**Instructions to follow**
Only some lines are wanted. Transcribe, exactly, the lines below from the line with "the rising ones." up to and including the line with "λ b. record".

[Stored items]
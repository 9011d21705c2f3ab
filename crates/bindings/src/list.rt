//! The bindings that have not ended.

ghost use Rattle.std.specs.Prelude.{◌≡◌, ◌+◌, ◌-◌, ◌^◌, ◌<◌, ◌↔◌, [], ◌∷◌, ◌++◌, All, false, map, OnOk, OnErr, IfOk, IfSome, is_some, option_map, count_by};
ghost use Rattle.std.specs.List.{find, list_any};
ghost use Rattle.ui_machine.specs.State.Bindings.{binding_of, is_called, is_end, bindings_without, bindings_without_end, transfers, with_busy};
ghost use Rattle.bindings.specs.Due.{entry_of, is_free};
ghost use Rattle.bindings.specs.Made as made;
ghost use Rattle.bindings.specs.Made.{transfer_of, is_next, without_number};

use crate::binding::{Binding, Transfer};
use crate::bound::Bound;
use crate::due::DueTransfers;
use crate::fault::BindError;
use crate::rising::Rising;
use crate::spare_lists::SpareLists;
use std::alloc::{AllocError, Global};
use std::marker::Model;
use ui_machine::{ObjectId, Slot};

/// Bindings in document order, with numbers from 0 that are never reused.
///
/// A call takes time logarithmic in the number of bindings, for each binding that it concerns. A binding made under a number below an
/// earlier one, and each binding made after it, is searched one by one. With `bind` alone there is no such binding.
#[derive(Debug, Drop)]
pub struct Bindings {
    rising: Rising,
    /// The bindings made since a number did not rise. They come after the rising ones.
    others: Vec<Bound>,
    next: u64,
    lists: SpareLists,
}

impl Model for Bindings {
    ghost use Rattle.bindings.specs.Made.{Made, AreNumbered};
    ghost use Rattle.std.specs.Prelude.{◌++◌};

    ghost Value = { Made };

    ghost view = { λ b. record { bindings = b.rising ++ b.others.items; next = b.next } };

    ghost invariant = { λ b. AreNumbered (b.rising ++ b.others.items) b.next };
}

impl Bindings {
    ghost use Rattle.bindings.specs.Made.{transfer_by, with_binding, with_binding_as};

    /// Creates a list without bindings. Takes no memory.
    pub fn new(alloc: Global) -> Self
        ensures { result ≡ record { bindings = []; next = 0 } }
    {
        Bindings {
            rising: Rising::new(alloc),
            others: Vec::new(alloc),
            next: 0,
            lists: SpareLists::new(alloc),
        }
    }

    /// Makes a binding, and returns its number.
    ///
    /// # Errors
    ///
    /// Returns `BindingLimit` if 2^64 - 1 numbers are used up, otherwise `OutOfMemory` if memory is refused. Nothing has changed then.
    pub fn bind(&mut self, binding: Binding) -> Result<u64, BindError>
        ensures ok { OnOk result (self.new ≡ with_binding self.old binding) }
        ensures number { IfOk result (λ number. number ≡ self.old.next) }
        ensures limit { (result ≡ Err BindError.BindingLimit) ↔ (self.old.next ≡ 2 ^ 64 - 1) }
        ensures err { OnErr result (self.new ≡ self.old) }
    {
        let number = self.next;
        self.bind_as(number, binding)?;
        Ok(number)
    }

    /// Makes a binding under its number in the document. Unused numbers below it are used up.
    ///
    /// # Errors
    ///
    /// Returns `BindingLimit` if the number is 2^64 - 1, otherwise `OutOfMemory` if memory is refused. Nothing has changed then.
    pub fn bind_as(&mut self, number: u64, binding: Binding) -> Result<(), BindError>
        ensures ok { OnOk result (self.new ≡ with_binding_as number self.old binding) }
        ensures limit { (result ≡ Err BindError.BindingLimit) ↔ (number ≡ 2 ^ 64 - 1) }
        ensures err { OnErr result (self.new ≡ self.old) }
    {
        let Some(next) = number.checked_add(1) else {
            return Err(BindError::BindingLimit);
        };
        self.lists.add(*self.others.allocator(), &binding)?;
        put(
            &mut self.rising,
            &mut self.others,
            self.next,
            number,
            binding,
        )?;
        self.next = self.next.max(next);
        Ok(())
    }

    /// Uses up the number of a binding that is not made, so that numbers remain positions in the document.
    ///
    /// # Errors
    ///
    /// Returns `BindingLimit` if 2^64 - 1 numbers are used up. Nothing has changed then.
    pub fn skip(&mut self) -> Result<(), BindError>
        ensures ok { OnOk result (self.new ≡ record self.old { next = self.old.next + 1 }) }
        ensures limit { OnErr result ((self.old.next ≡ 2 ^ 64 - 1) × (self.new ≡ self.old)) }
        ensures named { OnErr result (result ≡ Err BindError.BindingLimit) }
    {
        self.next = self.next.checked_add(1).ok_or(BindError::BindingLimit)?;
        Ok(())
    }

    /// Ends the bindings with this name, and returns whether there was one.
    pub fn unbind(&mut self, name: &str) -> bool
        ensures found { result ≡ list_any (is_called name.now) self.old.bindings }
        ensures left { self.new
            ≡ record self.old { bindings = bindings_without name.now self.old.bindings } }
    {
        let count = self.rising.unbind(name);
        let found = has_called(&self.others, name);
        end_called(&mut self.others, name);
        count > 0 || found
    }

    /// Ends the binding with this number, and returns whether there was one.
    pub fn unbind_numbered(&mut self, number: u64) -> bool
        ensures found { result ≡ is_some (binding_of number self.old.bindings) }
        ensures left { self.new
            ≡ record self.old { bindings = without_number number self.old.bindings } }
    {
        let found = self.bound(number).is_some();
        self.rising.remove(number);
        end_numbered(&mut self.others, number);
        found
    }

    /// Ends the bindings that have the object as an end, and returns their number.
    pub fn end_of(&mut self, object: ObjectId) -> usize
        ensures count { result ≡ count_by (is_end object.0) self.old.bindings }
        ensures left { self.new
            ≡ record self.old { bindings = bindings_without_end object.0 self.old.bindings } }
    {
        let count = self.rising.end_of(object);
        let others = count_at(&self.others, object);
        end_at(&mut self.others, object);
        count + others
    }

    /// Returns the next transfer for a notification. It is made by the first binding numbered `from` or above that listens at the property
    /// and is not setting. A bidirectional binding listens at both ends.
    pub fn on_notify(&self, object: ObjectId, slot: Slot, from: u64) -> Option<Transfer>
        ensures next { result
            ≡ option_map (transfer_of object.0 slot) (find (is_next object.0 slot from) self.now.bindings) }

        // The search for the next transfer begins one above this number.
        ensures goes_on { IfSome result (λ transfer. transfer.number + 1 < 2 ^ 64) }
    {
        let bound = self.next_bound(object, slot, from)?;
        Some(bound.transfer(object, slot))
    }

    // Returns the first binding numbered `from` or above that listens at the property and is not setting.
    fn next_bound(&self, object: ObjectId, slot: Slot, from: u64) -> Option<&Bound>
        ensures next { option_map (λ b. b.now) result ≡ find (is_next object.0 slot from) self.now.bindings }
        ensures few { IfSome result (λ b. b.now.number + 1 < 2 ^ 64) }
    {
        match self.rising.next_bound(object, slot, from) {
            Some(bound) => Some(bound),
            None => next_of(&self.others, object, slot, from),
        }
    }

    /// Collects the transfers that a notification is to make: one for each binding that listens at the property, in document order. The
    /// list was reserved with room for all of them as the bindings were made, unless another notification of the property has taken it.
    ///
    /// # Errors
    ///
    /// `AllocError` if another notification has the list and memory for the transfers is refused.
    pub fn due(
        &mut self,
        alloc: Global,
        object: ObjectId,
        slot: Slot,
    ) -> Result<DueTransfers, AllocError>
        ensures due { IfOk result (λ due. map entry_of due ≡ transfers object.0 slot self.old.bindings) }
        ensures same { self.new ≡ self.old }
    {
        let list = self.lists.take(alloc, object, slot);
        let mut due = DueTransfers::in_list(list, slot);
        put_due(&self.others, &mut due, object, slot)?;
        self.rising.put_due(&mut due, object, slot)?;
        Ok(due)
    }

    /// Gives back the list of transfers that a notification of a property of the object took. Transfers that are left in it are not made.
    pub fn give_back(&mut self, object: ObjectId, due: DueTransfers)
        ensures { self.new ≡ self.old }
    {
        if due.has_list() {
            let (list, slot) = due.into_list();
            self.lists.give_back(object, slot, list);
        }
    }

    // Returns the binding with this number, unless it has ended.
    fn bound(&self, number: u64) -> Option<&Bound>
        ensures { option_map (λ b. b.now) result ≡ binding_of number self.now.bindings }
    {
        match self.rising.get(number) {
            Some(bound) => Some(bound),
            None => numbered(&self.others, number),
        }
    }

    /// Returns whether the binding with this number makes a transfer that is due, which is if it has not ended and is not setting.
    pub fn is_ready(&self, number: u64) -> bool
        ensures { result ≡ is_free (binding_of number self.now.bindings) }
    {
        match self.bound(number) {
            Some(bound) => !bound.is_setting(),
            None => false,
        }
    }

    /// Returns the transfer of the binding with this number from its source to its target, or back. Returns `None` if the binding has
    /// ended.
    pub fn transfer(&self, number: u64, back: bool) -> Option<Transfer>
        ensures { result ≡ option_map (transfer_by back) (binding_of number self.now.bindings) }
    {
        let bound = self.bound(number)?;
        Some(bound.transfer_by(back))
    }

    /// Marks the binding with this number as setting or not. Does nothing if it has ended.
    pub fn setting(&mut self, number: u64, setting: bool)
        ensures { self.new
            ≡ record self.old { bindings = with_busy number setting self.old.bindings } }
    {
        self.rising.mark(number, setting);
        mark(&mut self.others, number, setting);
    }
}

// Makes a binding. It joins the rising ones if `others` is empty and its number is not below `next`, which is above all their numbers.
fn put(
    rising: &mut Rising,
    others: &mut Vec<Bound>,
    next: u64,
    number: u64,
    binding: Binding,
) -> Result<(), BindError>
    requires below { All (λ b. b.number < next) rising.old }
    requires few { number < 2 ^ 64 - 1 }
    ensures ok { OnOk result (rising.new ++ others.new.items
        ≡ (rising.old ++ others.old.items) ++ made.binding_of number false binding ∷ []) }
    ensures err { OnErr result ((rising.new ≡ rising.old) × (others.new.items ≡ others.old.items)) }
    ensures named { OnErr result (result ≡ Err BindError.OutOfMemory) }
{
    if others.is_empty() && number >= next {
        rising.push(number, binding)?;
        return Ok(());
    }
    others.push(Bound::new(number, binding))?;
    Ok(())
}

// Returns the first of the bindings that has the number.
fn numbered(bound: &[Bound], number: u64) -> Option<&Bound>
    ensures { option_map (λ b. b.now) result ≡ binding_of number bound.now }
{
    bound.iter().find(|bound| bound.has_number(number))
}

// Returns whether one of the bindings has the name.
fn has_called(bound: &[Bound], name: &str) -> bool
    ensures { result ≡ list_any (is_called name.now) bound.now }
{
    bound.iter().any(|bound| bound.is_called(name))
}

// Returns the first of the bindings numbered `from` or above that listens at the property and is not setting.
fn next_of(bound: &[Bound], object: ObjectId, slot: Slot, from: u64) -> Option<&Bound>
    ensures { option_map (λ b. b.now) result ≡ find (is_next object.0 slot from) bound.now }
{
    bound.iter().find(|bound| bound.is_next(object, slot, from))
}

// Adds the transfers of those bindings that listen at the property.
fn put_due(
    bound: &[Bound],
    due: &mut DueTransfers,
    object: ObjectId,
    slot: Slot,
) -> Result<(), AllocError>
    requires { due.old ≡ [] }
    ensures { OnOk result (map entry_of due.new ≡ transfers object.0 slot bound.now) }
{
    let mut left = bound.len();
    'bindings: while left > 0 {
        left -= 1;
        let bound = &bound[left];
        if bound.listens(object, slot) {
            due.put_first(bound.due(object, slot))?;
        }
    }
    Ok(())
}

// Returns how many of the bindings have the object as an end.
fn count_at(bound: &[Bound], object: ObjectId) -> usize
    ensures count { result ≡ count_by (is_end object.0) bound.now }
    ensures few { result < 2 ^ 63 }
{
    bound.iter().filter(|bound| bound.is_end(object)).count()
}

// Removes the bindings with this name.
fn end_called(bound: &mut Vec<Bound>, name: &str)
    ensures { bound.new.items ≡ bindings_without name.now bound.old.items }
{
    bound.retain(|bound| !bound.is_called(name));
}

// Removes the bindings with this number.
fn end_numbered(bound: &mut Vec<Bound>, number: u64)
    ensures { bound.new.items ≡ without_number number bound.old.items }
{
    bound.retain(|bound| !bound.has_number(number));
}

// Removes the bindings that have the object as an end.
fn end_at(bound: &mut Vec<Bound>, object: ObjectId)
    ensures { bound.new.items ≡ bindings_without_end object.0 bound.old.items }
{
    bound.retain(|bound| !bound.is_end(object));
}

// Marks the binding with this number as setting or not.
fn mark(bound: &mut [Bound], number: u64, setting: bool)
    ensures { bound.new ≡ with_busy number setting bound.old }
{
    for one in bound.iter_mut() {
        if one.has_number(number) {
            one.mark(setting);
        }
    }
}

**Result for this task**
    /// The bindings made since a number did not rise. They come after the rising ones.
    others: Vec<Bound>,
    next: u64,
    lists: SpareLists,
}

impl Model for Bindings {
    ghost use Rattle.bindings.specs.Made.{Made, AreNumbered};
    ghost use Rattle.std.specs.Prelude.{◌++◌};

    ghost Value = { Made };

    ghost view = { λ b. record { bindings = b.rising ++ b.others.items; next = b.next } };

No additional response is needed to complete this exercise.